> [Work instructions]: Return the run of lines below that opens with the line containing "result.commits ≡ 0" and closes with the line containing "pub fn commits(&self) -> u64", keeping each one exact.

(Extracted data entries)
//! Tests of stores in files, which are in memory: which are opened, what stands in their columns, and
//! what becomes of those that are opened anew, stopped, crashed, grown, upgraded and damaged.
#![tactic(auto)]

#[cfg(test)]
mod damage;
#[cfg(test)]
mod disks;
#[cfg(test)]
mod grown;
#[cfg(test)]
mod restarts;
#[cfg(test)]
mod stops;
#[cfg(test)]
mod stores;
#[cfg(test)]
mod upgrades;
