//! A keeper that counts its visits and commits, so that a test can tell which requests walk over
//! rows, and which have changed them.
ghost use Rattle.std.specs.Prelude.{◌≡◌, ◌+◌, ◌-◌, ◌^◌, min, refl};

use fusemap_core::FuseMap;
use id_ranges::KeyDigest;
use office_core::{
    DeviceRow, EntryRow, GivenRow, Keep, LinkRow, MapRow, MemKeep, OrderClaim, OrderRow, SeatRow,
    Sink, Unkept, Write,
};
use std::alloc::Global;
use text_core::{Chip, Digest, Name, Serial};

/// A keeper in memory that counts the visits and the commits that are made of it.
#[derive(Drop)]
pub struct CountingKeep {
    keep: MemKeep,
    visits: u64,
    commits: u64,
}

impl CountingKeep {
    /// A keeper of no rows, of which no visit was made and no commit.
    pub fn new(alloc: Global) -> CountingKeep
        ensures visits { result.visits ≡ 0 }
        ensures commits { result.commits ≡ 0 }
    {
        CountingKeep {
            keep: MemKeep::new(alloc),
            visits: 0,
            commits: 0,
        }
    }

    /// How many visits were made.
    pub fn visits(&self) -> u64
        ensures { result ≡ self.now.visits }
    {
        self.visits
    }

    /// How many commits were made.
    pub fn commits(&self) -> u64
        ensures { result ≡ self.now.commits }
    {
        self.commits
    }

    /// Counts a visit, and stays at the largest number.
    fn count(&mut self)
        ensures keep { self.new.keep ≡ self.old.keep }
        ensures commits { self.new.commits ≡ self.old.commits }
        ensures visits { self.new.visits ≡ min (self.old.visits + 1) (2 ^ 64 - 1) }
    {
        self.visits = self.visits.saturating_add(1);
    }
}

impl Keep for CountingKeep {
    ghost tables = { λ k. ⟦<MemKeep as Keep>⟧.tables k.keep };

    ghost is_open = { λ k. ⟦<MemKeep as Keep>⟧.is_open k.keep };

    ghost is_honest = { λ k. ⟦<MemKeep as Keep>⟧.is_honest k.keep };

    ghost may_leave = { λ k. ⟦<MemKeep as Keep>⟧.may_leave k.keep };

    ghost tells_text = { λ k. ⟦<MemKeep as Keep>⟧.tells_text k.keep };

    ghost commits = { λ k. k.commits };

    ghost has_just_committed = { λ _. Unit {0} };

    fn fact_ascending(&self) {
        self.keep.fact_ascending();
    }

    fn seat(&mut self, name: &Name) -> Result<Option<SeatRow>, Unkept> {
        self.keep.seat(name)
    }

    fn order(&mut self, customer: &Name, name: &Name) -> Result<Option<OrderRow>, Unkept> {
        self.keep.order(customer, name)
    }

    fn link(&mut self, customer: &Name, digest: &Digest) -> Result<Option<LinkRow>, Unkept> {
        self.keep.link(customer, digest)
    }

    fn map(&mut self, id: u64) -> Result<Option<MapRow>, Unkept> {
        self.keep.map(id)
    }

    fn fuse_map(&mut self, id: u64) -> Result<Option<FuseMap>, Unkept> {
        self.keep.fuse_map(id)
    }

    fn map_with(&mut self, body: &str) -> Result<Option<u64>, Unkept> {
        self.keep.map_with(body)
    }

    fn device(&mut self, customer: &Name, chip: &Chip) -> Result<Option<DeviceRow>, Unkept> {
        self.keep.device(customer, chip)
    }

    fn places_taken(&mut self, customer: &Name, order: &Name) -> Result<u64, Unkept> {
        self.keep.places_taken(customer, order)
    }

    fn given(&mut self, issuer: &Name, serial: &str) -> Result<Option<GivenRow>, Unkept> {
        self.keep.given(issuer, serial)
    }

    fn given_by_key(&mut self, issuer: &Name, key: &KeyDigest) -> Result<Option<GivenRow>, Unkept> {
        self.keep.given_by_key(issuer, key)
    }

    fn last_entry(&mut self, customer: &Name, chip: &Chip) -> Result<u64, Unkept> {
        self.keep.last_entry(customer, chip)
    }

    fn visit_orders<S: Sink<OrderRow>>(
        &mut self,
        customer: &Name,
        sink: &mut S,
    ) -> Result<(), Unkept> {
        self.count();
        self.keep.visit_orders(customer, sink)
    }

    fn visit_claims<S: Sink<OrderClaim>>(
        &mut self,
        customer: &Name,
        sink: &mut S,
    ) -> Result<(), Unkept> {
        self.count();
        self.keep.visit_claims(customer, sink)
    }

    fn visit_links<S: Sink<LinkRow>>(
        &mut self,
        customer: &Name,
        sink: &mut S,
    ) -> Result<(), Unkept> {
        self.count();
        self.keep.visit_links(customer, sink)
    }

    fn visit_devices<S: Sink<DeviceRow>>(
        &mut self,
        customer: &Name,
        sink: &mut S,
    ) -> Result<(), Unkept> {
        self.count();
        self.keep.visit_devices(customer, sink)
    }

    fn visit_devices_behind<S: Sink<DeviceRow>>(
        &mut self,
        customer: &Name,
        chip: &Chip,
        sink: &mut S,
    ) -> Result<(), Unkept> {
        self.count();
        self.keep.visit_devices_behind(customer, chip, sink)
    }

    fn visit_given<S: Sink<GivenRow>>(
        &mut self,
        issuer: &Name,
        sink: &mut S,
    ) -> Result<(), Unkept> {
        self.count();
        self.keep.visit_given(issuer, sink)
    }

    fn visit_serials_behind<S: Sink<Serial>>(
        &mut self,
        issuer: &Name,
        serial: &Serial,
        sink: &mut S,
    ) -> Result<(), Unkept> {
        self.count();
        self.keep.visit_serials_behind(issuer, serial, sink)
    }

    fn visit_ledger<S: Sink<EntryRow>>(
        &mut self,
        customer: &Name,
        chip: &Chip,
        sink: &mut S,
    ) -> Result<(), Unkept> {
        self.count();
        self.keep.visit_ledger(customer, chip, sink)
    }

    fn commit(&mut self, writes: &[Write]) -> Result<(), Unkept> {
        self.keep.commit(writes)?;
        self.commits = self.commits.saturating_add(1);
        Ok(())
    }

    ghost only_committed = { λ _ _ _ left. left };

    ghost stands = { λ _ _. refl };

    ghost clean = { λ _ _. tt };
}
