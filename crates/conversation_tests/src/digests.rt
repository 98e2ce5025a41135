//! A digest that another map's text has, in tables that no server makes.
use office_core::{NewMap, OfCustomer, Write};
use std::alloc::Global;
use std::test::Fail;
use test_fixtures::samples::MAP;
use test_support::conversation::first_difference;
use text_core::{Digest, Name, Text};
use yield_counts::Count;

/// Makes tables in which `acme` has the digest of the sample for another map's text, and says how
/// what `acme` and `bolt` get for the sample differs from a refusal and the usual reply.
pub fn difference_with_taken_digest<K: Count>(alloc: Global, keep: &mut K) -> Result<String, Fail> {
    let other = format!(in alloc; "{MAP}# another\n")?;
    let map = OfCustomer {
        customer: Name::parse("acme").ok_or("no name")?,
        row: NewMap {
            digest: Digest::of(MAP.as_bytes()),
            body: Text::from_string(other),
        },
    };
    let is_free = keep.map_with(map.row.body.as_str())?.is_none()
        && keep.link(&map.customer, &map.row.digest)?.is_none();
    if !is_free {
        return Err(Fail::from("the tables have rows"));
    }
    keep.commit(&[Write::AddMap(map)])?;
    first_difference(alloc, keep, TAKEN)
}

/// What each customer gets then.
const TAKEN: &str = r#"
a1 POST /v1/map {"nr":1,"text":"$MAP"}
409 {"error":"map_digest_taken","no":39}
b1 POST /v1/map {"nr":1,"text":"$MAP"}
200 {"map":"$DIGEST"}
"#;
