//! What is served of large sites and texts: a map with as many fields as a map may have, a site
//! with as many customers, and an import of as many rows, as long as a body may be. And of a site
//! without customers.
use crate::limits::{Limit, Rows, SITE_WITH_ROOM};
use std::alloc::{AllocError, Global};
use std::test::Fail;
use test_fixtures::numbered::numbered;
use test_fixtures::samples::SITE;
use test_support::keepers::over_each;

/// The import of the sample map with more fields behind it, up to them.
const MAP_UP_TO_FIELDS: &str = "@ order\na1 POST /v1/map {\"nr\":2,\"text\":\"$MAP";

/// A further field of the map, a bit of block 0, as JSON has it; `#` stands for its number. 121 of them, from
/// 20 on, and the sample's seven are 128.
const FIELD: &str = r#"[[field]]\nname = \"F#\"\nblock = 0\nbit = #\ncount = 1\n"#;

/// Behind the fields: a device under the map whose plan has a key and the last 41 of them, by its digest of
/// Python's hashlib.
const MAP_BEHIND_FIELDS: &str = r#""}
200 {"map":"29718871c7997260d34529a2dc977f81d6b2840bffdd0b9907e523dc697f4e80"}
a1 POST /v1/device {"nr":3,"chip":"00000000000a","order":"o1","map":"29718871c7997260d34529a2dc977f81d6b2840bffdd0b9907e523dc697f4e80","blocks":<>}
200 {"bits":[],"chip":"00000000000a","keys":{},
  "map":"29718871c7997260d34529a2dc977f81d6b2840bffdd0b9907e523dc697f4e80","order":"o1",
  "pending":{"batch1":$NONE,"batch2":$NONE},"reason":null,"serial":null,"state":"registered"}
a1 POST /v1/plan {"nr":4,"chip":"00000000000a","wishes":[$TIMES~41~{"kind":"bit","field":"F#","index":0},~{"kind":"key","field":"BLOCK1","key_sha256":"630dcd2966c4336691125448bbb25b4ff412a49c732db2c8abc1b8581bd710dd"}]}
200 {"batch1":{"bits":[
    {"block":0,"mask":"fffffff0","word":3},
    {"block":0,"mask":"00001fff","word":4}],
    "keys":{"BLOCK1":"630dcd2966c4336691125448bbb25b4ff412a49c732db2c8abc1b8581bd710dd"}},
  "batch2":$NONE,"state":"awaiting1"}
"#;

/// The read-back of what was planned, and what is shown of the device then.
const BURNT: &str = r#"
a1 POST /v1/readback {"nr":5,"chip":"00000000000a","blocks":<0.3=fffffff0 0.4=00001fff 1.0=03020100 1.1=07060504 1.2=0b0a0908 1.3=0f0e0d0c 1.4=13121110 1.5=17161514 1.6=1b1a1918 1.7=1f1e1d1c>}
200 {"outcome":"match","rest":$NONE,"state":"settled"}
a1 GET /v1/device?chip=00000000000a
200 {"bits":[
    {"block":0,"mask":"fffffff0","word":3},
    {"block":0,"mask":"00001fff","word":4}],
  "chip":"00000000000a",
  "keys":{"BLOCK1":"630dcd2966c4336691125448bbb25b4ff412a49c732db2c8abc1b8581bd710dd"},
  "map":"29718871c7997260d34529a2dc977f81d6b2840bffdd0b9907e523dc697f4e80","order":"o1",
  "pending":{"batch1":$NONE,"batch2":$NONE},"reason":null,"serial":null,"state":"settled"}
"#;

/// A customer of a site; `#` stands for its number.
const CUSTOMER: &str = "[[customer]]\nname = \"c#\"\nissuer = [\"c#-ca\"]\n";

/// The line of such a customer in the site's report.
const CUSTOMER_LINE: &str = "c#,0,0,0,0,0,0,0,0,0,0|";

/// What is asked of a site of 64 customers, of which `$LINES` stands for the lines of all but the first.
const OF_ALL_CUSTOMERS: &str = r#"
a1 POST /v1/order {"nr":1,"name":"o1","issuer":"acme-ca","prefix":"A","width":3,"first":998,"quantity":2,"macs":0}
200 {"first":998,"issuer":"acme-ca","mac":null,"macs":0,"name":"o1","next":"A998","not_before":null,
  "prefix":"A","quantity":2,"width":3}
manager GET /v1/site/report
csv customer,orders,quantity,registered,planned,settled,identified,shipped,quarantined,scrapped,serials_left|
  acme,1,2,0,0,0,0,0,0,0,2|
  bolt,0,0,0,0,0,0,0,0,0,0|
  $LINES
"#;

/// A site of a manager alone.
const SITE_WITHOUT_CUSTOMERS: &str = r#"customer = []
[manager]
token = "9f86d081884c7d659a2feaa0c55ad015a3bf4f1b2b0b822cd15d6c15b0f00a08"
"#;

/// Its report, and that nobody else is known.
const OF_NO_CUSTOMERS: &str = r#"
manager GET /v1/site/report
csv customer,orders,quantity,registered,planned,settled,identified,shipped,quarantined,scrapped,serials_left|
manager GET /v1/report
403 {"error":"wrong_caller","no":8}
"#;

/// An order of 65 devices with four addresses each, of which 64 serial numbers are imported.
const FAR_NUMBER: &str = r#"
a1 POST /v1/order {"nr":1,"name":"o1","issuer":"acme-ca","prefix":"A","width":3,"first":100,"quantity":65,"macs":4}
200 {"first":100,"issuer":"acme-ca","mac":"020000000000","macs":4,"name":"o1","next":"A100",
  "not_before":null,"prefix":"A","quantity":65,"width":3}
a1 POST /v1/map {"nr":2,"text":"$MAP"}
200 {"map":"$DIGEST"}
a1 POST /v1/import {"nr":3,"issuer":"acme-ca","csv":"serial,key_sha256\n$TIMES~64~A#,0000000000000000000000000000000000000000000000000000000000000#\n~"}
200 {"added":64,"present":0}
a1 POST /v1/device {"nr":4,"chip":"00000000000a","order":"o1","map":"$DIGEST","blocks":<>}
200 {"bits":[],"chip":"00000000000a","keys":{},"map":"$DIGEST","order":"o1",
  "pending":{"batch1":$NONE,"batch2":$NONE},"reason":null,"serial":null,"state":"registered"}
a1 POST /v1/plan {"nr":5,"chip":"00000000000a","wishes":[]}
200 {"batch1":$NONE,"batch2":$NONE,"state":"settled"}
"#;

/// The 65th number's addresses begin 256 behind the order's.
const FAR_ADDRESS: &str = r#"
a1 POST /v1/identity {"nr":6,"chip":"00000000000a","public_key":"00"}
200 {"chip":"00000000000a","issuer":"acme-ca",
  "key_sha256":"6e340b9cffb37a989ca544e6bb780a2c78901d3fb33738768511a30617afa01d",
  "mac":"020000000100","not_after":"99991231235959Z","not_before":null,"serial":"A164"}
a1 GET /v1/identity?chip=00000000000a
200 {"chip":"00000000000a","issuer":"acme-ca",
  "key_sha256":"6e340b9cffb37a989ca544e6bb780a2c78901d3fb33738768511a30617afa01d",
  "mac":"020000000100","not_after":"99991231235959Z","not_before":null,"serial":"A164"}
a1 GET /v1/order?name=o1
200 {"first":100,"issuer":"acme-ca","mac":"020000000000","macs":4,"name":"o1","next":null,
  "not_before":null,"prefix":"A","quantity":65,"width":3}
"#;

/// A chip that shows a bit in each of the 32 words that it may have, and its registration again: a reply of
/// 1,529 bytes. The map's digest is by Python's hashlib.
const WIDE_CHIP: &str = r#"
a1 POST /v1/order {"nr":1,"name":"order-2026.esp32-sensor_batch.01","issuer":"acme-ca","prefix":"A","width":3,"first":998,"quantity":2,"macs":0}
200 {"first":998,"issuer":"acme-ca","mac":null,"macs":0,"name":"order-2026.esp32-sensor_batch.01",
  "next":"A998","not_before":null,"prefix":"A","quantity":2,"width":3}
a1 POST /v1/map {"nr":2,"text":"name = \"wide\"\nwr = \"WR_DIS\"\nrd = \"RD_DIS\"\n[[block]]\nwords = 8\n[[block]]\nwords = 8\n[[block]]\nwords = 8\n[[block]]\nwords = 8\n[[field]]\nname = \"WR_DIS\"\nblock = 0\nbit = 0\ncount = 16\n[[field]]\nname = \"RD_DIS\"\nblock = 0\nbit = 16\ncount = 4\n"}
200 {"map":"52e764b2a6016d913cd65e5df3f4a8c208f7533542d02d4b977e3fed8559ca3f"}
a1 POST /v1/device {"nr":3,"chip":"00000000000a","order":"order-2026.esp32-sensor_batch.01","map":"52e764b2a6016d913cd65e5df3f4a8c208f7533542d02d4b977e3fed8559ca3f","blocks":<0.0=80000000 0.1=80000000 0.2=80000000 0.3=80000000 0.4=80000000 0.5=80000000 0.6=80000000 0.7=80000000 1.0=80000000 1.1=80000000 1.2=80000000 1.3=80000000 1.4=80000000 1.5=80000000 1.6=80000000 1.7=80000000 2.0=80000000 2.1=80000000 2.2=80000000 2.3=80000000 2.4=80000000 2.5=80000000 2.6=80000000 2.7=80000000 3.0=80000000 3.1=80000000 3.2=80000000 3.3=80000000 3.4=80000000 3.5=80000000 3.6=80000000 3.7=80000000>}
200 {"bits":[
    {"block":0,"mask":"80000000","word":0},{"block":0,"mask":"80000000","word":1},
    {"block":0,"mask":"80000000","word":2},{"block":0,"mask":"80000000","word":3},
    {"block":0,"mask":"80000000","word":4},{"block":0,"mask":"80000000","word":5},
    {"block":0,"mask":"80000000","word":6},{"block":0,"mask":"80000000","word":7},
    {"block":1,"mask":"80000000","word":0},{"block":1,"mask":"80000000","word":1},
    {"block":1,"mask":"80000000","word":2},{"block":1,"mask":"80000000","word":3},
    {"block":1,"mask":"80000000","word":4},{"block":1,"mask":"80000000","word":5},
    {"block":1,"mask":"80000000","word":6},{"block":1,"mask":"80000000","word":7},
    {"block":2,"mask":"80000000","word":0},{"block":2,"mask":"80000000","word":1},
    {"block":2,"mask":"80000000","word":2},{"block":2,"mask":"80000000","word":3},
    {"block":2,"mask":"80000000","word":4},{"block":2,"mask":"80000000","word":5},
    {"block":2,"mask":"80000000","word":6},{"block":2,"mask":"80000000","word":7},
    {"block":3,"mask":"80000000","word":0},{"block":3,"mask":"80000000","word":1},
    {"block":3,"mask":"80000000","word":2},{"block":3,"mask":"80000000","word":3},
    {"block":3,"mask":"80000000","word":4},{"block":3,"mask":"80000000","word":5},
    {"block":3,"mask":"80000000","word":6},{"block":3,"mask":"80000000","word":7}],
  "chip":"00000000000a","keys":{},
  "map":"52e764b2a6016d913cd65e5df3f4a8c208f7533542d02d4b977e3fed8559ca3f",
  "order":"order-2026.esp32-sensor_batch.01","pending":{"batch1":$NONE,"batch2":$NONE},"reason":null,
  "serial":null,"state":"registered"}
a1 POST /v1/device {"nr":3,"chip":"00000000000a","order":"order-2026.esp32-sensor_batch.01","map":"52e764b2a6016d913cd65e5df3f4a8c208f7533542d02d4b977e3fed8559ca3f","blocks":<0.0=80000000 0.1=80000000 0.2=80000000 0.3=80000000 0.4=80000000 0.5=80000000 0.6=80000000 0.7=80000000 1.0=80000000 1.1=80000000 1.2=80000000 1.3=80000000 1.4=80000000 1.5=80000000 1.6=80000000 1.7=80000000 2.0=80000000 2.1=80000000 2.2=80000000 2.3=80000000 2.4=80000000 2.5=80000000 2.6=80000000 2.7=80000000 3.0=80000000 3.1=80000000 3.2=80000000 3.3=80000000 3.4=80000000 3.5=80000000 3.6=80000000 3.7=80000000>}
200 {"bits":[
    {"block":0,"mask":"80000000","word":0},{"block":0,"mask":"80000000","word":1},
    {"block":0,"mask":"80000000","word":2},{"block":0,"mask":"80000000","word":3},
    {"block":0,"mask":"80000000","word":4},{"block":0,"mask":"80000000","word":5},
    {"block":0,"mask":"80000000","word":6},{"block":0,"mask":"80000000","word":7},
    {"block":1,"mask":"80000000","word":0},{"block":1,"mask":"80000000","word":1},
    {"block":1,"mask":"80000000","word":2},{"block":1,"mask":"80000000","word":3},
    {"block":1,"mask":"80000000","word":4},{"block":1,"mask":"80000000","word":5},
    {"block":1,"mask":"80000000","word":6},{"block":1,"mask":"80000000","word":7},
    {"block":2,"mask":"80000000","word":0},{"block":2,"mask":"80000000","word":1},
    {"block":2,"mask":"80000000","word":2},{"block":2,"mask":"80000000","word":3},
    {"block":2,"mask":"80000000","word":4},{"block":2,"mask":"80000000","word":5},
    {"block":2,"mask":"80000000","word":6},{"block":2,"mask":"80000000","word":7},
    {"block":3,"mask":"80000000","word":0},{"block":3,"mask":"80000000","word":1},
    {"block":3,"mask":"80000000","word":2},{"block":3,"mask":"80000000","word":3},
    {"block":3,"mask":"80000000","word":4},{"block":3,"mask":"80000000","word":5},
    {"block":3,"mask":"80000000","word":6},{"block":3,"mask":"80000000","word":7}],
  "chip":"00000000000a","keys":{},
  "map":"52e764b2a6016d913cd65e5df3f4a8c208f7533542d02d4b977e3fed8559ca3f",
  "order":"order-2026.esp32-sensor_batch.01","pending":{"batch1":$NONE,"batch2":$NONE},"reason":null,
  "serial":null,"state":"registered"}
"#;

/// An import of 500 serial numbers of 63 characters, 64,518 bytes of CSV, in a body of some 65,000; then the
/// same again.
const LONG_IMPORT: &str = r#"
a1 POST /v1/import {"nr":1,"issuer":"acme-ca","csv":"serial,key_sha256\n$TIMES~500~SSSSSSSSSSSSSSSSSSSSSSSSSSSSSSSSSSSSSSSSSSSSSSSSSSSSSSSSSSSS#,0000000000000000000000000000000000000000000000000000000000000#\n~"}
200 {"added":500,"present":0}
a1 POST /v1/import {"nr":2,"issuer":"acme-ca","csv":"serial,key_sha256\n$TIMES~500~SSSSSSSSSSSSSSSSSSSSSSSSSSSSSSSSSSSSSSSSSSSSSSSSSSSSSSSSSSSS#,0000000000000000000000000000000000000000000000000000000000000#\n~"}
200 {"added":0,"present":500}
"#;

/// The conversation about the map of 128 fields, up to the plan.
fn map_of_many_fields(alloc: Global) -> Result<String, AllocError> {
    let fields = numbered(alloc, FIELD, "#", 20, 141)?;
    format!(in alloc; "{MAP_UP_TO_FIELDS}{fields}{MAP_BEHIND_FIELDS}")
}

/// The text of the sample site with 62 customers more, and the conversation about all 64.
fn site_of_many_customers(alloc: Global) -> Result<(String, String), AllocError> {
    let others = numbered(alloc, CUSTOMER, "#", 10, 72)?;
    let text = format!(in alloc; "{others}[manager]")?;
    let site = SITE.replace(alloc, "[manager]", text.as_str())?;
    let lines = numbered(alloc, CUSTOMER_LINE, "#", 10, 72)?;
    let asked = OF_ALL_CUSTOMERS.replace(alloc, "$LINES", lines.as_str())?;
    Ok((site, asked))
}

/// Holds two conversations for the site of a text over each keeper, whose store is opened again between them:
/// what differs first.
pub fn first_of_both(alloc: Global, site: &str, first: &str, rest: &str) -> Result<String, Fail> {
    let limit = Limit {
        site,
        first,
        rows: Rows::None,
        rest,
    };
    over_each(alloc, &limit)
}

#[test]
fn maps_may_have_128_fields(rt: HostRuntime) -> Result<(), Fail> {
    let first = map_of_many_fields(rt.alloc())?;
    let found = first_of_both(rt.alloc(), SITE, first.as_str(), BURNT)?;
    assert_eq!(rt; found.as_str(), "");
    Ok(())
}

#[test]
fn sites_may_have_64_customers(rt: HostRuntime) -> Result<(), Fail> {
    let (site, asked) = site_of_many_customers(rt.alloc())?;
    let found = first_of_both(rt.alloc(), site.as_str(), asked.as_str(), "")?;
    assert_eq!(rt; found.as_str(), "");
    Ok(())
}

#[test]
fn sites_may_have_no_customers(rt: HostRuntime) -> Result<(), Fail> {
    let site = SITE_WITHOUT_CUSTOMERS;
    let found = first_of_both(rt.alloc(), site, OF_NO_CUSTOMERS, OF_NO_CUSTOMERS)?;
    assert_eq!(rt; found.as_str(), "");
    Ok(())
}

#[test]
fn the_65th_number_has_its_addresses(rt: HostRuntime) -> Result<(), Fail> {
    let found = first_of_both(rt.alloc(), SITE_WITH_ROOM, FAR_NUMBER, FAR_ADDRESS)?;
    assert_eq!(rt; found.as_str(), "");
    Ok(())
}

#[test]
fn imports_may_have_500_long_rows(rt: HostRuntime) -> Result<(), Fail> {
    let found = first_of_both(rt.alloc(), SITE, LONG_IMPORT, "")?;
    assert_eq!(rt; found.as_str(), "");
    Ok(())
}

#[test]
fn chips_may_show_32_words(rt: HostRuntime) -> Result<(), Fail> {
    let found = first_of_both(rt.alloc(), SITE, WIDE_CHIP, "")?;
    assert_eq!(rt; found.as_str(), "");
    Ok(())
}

> [Answer box]:
        ensures commits { result.commits ≡ 0 }
    {
        CountingKeep {
            keep: MemKeep::new(alloc),
            visits: 0,
            commits: 0,
        }
    }

    /// How many visits were made.
    pub fn visits(&self) -> u64
        ensures { result ≡ self.now.visits }
    {
        self.visits
    }

    /// How many commits were made.
    pub fn commits(&self) -> u64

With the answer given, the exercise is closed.